The ring sailed through the air and hit the carpet right in front of his polished shoes. It bounced once and settled near his toe.

Joseph looked down at the ring. His jaw tightened. His hand twitched by his side, almost as if he wanted to reach for it. A strange current of electricity shot through his arm, a primal urge to stop this, but he crushed it instantly. He stayed rooted to the spot.

"Get out," Buna shrieked. "Get this trash out of my house!"

Giselle ran. She ran up the stairs to the guest room they had moved her into last week. She grabbed the old, battered suitcase she had arrived with three years ago. She threw in her jeans, her old sweaters, her ID. Nothing that they had bought. Nothing that smelled like this house.

She dragged the suitcase down the grand staircase. The wheels bumped loudly on each step.

The front door opened. A gust of wind and rain blew in, along with a woman in a shimmering cocktail dress.

Clydie Woods.

She shook out her umbrella, handing it to a maid. She looked dry, warm, and expensive. She saw Giselle standing there, wet-eyed and disheveled, dragging a broken suitcase.

"Oh, Giselle," she cooed, her voice dripping with fake sympathy. She walked over, her heels clicking. She leaned in close, so only Giselle could hear. "Don't worry. I'll take good care of him. Better than a fake like you ever could."

She pulled back and smiled brightly. "Safe travels."

Giselle didn't trust herself to speak. She pushed past her. The butler held the door open, his face full of pity.

"Mrs. Villarreal..." he started.

"Don't," Giselle said.

She stepped out onto the porch. The rain was torrential. It came down in sheets, instantly soaking her blouse.

"No car," Buna yelled from the foyer. "Villarreal cars are for family. She walks."

Giselle gripped the handle of her suitcase. The driveway was long. A mile to the main gate.

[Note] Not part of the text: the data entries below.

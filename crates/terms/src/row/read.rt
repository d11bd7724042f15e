//! What a row holds.

ghost use Rattle.std.specs.Prelude.{◌≡◌, length};
ghost use Rattle.terms.specs.Places.{node_at};
ghost use Rattle.terms.specs.RowViews.{row_nodes, row_limit};

use crate::node::Node;
use crate::row::Row;

impl Row {
    pub fn len(&self) -> usize
        ensures { result ≡ length (row_nodes self.now) }
    {
        self.nodes.len()
    }

    /// How many nodes the row may come to have.
    pub fn limit(&self) -> usize
        ensures { result ≡ row_limit self.now }
    {
        self.limit
    }

    /// The node at a place; None past the end.
    pub fn node(&self, at: u32) -> Option<Node>
        ensures { result ≡ node_at (row_nodes self.now) at }
    {
        self.nodes.get(at as usize).copied()
    }

    pub fn nodes(&self) -> &[Node]
        ensures { result.now ≡ row_nodes self.now }
    {
        self.nodes.as_slice()
    }
}
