// A ranked alphabet: 1 to 32 symbols, numbered from 0, each with a rank of 0 to 4.
ghost use Rattle.std.specs.Prelude.{◌≡◌, ◌<◌, ◌≤◌, ℕ, [], ◌∷◌, length, slice_index};
ghost use Rattle.std.specs.List.{slice_get, All};
ghost use Rattle.automata.specs.Trees.{rank};

use crate::refusal::Refusal;
use std::array;

#[derive(Clone, Copy)]
pub struct Alphabet {
    ranks: [u8; 32],
    symbols: usize,
    ghost some: { 1 ≤ symbols },
    ghost few: { symbols ≤ 32 },
    ghost small: { (k : ℕ) → slice_index ranks k ≤ 4 },
}

// The ranks, and 0 in each place past the last.
fn padded(ranks: &[usize]) -> [u8; 32]
    requires { All (λ rank. rank ≤ 4) ranks.now }
    ensures { (k : ℕ) → k < 32 → slice_index result k ≡ slice_index ranks.now k }
{
    array::from_fn(|symbol| ranks.get(symbol).map_or(0, |rank| *rank as u8))
}

impl Alphabet {
    ghost use Rattle.trees.specs.Alphabets.{ranks_of, Formed};

    // One symbol, of rank 0.
    pub fn fresh() -> Alphabet
        ensures { ranks_of result ≡ 0 ∷ [] }
    {
        Alphabet {
            ranks: [0; 32],
            symbols: 1,
        }
    }

    // The alphabet of a list of ranks: 1 to 32 of them, each at most 4.
    pub fn new(ranks: &[usize]) -> Result<Alphabet, Refusal>
        ensures { Formed ranks.now result }
    {
        let symbols = ranks.len();
        if symbols == 0 || symbols > 32 || ranks.iter().any(|rank| *rank > 4) {
            return Err(Refusal::Ranks);
        }
        Ok(Alphabet {
            ranks: padded(ranks),
            symbols,
        })
    }

    // The ranks of the symbols, in order.
    pub fn ranks(&self) -> &[u8]
        ensures { result.now ≡ ranks_of self.now }
    {
        &self.ranks[..self.symbols]
    }

    // The number of symbols.
    pub fn len(&self) -> usize
        ensures { result ≡ length (ranks_of self.now) }
    {
        self.ranks().len()
    }

    // The rank of a symbol, if it is of the alphabet.
    pub fn rank(&self, symbol: usize) -> Option<usize>
        ensures { result ≡ slice_get (ranks_of self.now) symbol }
    {
        self.ranks().get(symbol).copied().map(usize::from)
    }

    // The rank of a symbol, and 0 for a number that is no symbol.
    #[tactic(auto, using(std::proofs::lemmas::Grind::common_steps, std::proofs::lemmas::Option::gets))]
    pub fn rank_or_zero(&self, symbol: usize) -> usize
        ensures value { result ≡ rank (ranks_of self.now) symbol }
        ensures small { result ≤ 4 }
    {
        self.rank(symbol).unwrap_or(0)
    }
}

She started walking. The wind whipped her hair across her face, blinding her. The cold rain soaked through her clothes, chilling her to the bone. Her shoes squelched in the puddles.

Halfway down the drive, the wheel of her suitcase caught in a crack in the cobblestones. She yanked it. The handle snapped. The suitcase tipped over, spilling her humble clothes into the mud.

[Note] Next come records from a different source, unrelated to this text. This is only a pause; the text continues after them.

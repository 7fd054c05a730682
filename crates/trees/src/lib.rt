//! Alphabets, and trees as lists of nodes.
#![tactic(auto)]

mod alphabet;
mod checks;
mod node;
mod refusal;

pub use alphabet::Alphabet;
pub use checks::check_list;
pub use node::Node;
pub use refusal::Refusal;
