// The refusals of the table layer; each has a fixed number.
ghost use Rattle.std.specs.Prelude.{◌≡◌};
ghost use Rattle.trees.specs.Refusals.{refusal_number};

#[derive(Clone, Copy, PartialEq, Eq, Debug)]
pub enum Refusal {
    // no rank, more than 32, or one above 4
    Ranks,
    // more than 48 states
    States,
    // a state not below the number of states
    State,
    // a symbol not in the alphabet
    Symbol,
    // the number of children is not the rank
    Children,
    // the left side has a rule
    Taken,
    // as many rules as the memory has places, or 1,024
    Full,
    // a push at an accepting state
    Accepting,
    // not a tree list; the first bad entry, 0 for a wrong length
    TreeList(usize),
    // the alphabets do not agree
    Alphabets,
    // a tree list or a work list is too short
    Short,
}

impl Refusal {
    // the number by which a page names the refusal
    pub fn number(&self) -> u8
        ensures { result ≡ refusal_number self.now }
    {
        match self {
            Refusal::Ranks => 1,
            Refusal::States => 2,
            Refusal::State => 3,
            Refusal::Symbol => 4,
            Refusal::Children => 5,
            Refusal::Taken => 6,
            Refusal::Full => 7,
            Refusal::Accepting => 9,
            Refusal::TreeList(_) => 10,
            Refusal::Alphabets => 11,
            Refusal::Short => 12,
        }
    }
}
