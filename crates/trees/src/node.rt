// An entry of a tree list: a symbol, and in the first places, as many as its rank, the numbers of its children.
#[derive(Clone, Copy, PartialEq, Eq, Debug)]
pub struct Node {
    pub symbol: usize,
    pub children: [usize; 4],
}
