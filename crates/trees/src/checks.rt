// The test for a tree list.
ghost use Rattle.std.specs.Prelude.{◌≡◌, true, ◌↔◌};
ghost use Rattle.trees.specs.Alphabets.{ranks_of};
ghost use Rattle.trees.specs.Lists.{Good, Tested};

use crate::alphabet::Alphabet;
use crate::node::Node;
use crate::refusal::Refusal;

// Whether a node may stand as the entry with the number `at`.
fn is_good(alphabet: &Alphabet, at: usize, node: &Node) -> bool
    ensures { (result ≡ true) ↔ Good (ranks_of alphabet.now) at node.now }
{
    let Some(rank) = alphabet.rank(node.symbol) else {
        return false;
    };
    let (children, padding) = node.children.split_at(rank);
    children.iter().all(|child| *child < at) && padding.iter().all(|child| *child == 0)
}

// Refuses what is not a tree list over the alphabet, by the first bad entry.
pub fn check_list(alphabet: &Alphabet, list: &[Node]) -> Result<(), Refusal>
    ensures { Tested (ranks_of alphabet.now) list.now result }
{
    if list.is_empty() || list.len() > 8192 {
        return Err(Refusal::TreeList(0));
    }
    for (i, node) in list.iter().enumerate() {
        if !is_good(alphabet, i, node) {
            return Err(Refusal::TreeList(i));
        }
    }
    Ok(())
}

Giselle stopped. She stared at her clothes soaking in the dirty water.

She fell to her knees. The dam broke. She sobbed, the sound torn from her throat, lost in the roar of the storm. She gathered her muddy sweaters, hugging them to her chest. She was twenty-three years old, and she had nothing. No family. No money. No husband.

High above, in the master bedroom window, Joseph stood in the dark. He watched the small figure collapse in the rain. He pressed his hand against the cold glass. His chest ached with a strange, hollow pain he couldn't name. It felt like a phantom limb syndrome, an ache for something that was no longer there.

Giselle stood up. She shoved the wet clothes back into the broken case. She wiped the mud and tears from her face.

Survive, she told herself. Just survive.

She dragged the case the rest of the way. She reached the iron gates. They opened slowly.

She stepped out onto the public road. It was pitch black.

Then, blinding white light flooded her vision.